I looked at everything going and wanted to resist getting a Brompton because they're a little bit sit up and beg, and they tend to be ridden by people with reflective chest bands and trouser clips. Even so, I looked at them plus Dahon and Airnimal before going for a Rabbit.de second hand.

It was a great bike for my needs. Looked like a regular bike, rode like a regular bike and was fast enough for me. The problems arose when guards and/or other passengers got a bit stuffy because they thought I was bringing a 'bike' on the train, rather than a folder.

Unfortunately, I got knocked off that bike, but because I liked it (and it was essentially a Dahon clone) I ordered a Dahon. The seat tube weld started coming apart after about three/four years so I tried to get it sorted under warranty, but this was about the time that Dahon was no longer trading and Evans didn't want to know about helping me get it sorted.

While I was to-ing and fro-ing trying to get it sorted, I bought an older Dahon SH as it was less than 1 month of parking and tube fares, and I'd already wasted a couple of months not riding.

After about a year, this bike also cracked on the seat tube and was binned. As I never got the other one replaced, I started riding that again and that eventually got worse. The small crack on the weld, became a big crack on the seat tube. And now it's not worth the risk of riding.

So that leaves me where I am now. Needing to buy another folder, but with a lot more experience about the practicalities of doing it every day. I've seen or spoken to plenty of other commuters about their bikes (apologies if I've bored you on the 0810 from High Wycombe) and here are my observations.

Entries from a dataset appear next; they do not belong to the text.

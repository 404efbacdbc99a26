// Commands on any file: SELECT, and FILE AND MEMORY MANAGEMENT. Each is a module, its tests in the order of the ten steps.
#![tactic(auto)]

pub mod fmm;
pub mod select;
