// FILE AND MEMORY MANAGEMENT.
ghost use Rattle.std.specs.Prelude.{◌≡◌};
ghost use Rattle.machine_select.specs.Fmm.{lc_fits, is_record_file, fmm_on, fmm_named, fmm_file, fmm};

use machine_action::{Action, tests};
use machine_apdu::status::StatusWord;
use machine_apdu::{Frame, status};
use machine_session::resolve::resolve_file;
use machine_session::{Named, Session};
use store_files::File;

fn is_record_file(f: File) -> bool
    ensures { result ≡ is_record_file f }
{
    matches!(f, File::RecordFile(_))
}

// Step 10.
#[tactic(auto, unfolding(crate::specs::Fmm::fmm_on, machine_session::specs::Order::in_order))]
fn fmm_on(p2: usize, f: File) -> Result<Action, StatusWord>
    ensures { result ≡ fmm_on p2 f }
{
    if is_record_file(f) || p2 / 2 == 0 {
        Ok(Action::Report(f, p2))
    } else {
        Err(status::WRONG_PARAMETERS)
    }
}

// Steps 7 to 10.
#[tactic(auto, unfolding(crate::specs::Fmm::fmm_named))]
fn fmm_named(image: &[u8], s: Session, p2: usize, named: Named) -> Result<Action, StatusWord>
    ensures { result ≡ fmm_named image.now s p2 named }
{
    fmm_on(p2, resolve_file(image, s, named)?)
}

#[tactic(auto, unfolding(crate::specs::Fmm::fmm_file, machine_session::specs::Order::in_order))]
fn fmm_file(image: &[u8], s: Session, p2: usize, v: &[u8]) -> Result<Action, StatusWord>
    ensures { result ≡ fmm_file image.now s p2 v.now }
{
    if v.len() == 1 {
        let x = base::byte(v, 0);
        if x % 8 != 0 {
            return Err(status::WRONG_DATA);
        }
        return fmm_named(image, s, p2, Named::Short(x / 8));
    }
    fmm_named(image, s, p2, Named::Id(tests::id_in(v)))
}

// Lc stands where P1 is 01, and only there.
#[tactic(auto, unfolding(crate::specs::Fmm::lc_fits))]
fn lc_fits(p1: usize, lc: usize) -> bool
    ensures { result ≡ lc_fits p1 lc }
{
    if p1 == 0 { lc == 0 } else { 1 <= lc }
}

#[tactic(auto, unfolding(crate::specs::Fmm::fmm, machine_session::specs::Order::in_order))]
pub fn fmm(image: &[u8], s: Session, f: Frame, data: &[u8]) -> Result<Action, StatusWord>
    ensures { result ≡ fmm image.now s f «data».now }
{
    let h = f.header;
    if 1 < h.p1 || 7 < h.p2 {
        return Err(status::WRONG_PARAMETERS);
    }
    if !lc_fits(h.p1, f.lc) || !tests::all_le(f) {
        return Err(status::WRONG_LENGTH);
    }
    if h.p1 == 0 {
        return fmm_named(image, s, h.p2, Named::Current);
    }
    let p = objects_templates::read_reference(data).ok_or(status::WRONG_DATA)?;
    fmm_file(image, s, h.p2, base::part(data, p.at, p.len))
}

Airnimal's folding system is not really suited to commuters, more for storage. Same is true of Swiss Mountain bikes. Anything where the wheel has to come off to fold it hasn't really been designed with frequent folding/unfolding in mind. Birdy's are even more expensive than Bromptons and no less spoddy. Oribikes look great and ride well, but ultimately don't fold as small or as neatly. I'm put off Tern because of the Dahon connection.

So my incoming Brompton has been a very considered purchase - especially as I've never actually wanted to get one, it's just the best tool for the job. For me.


----------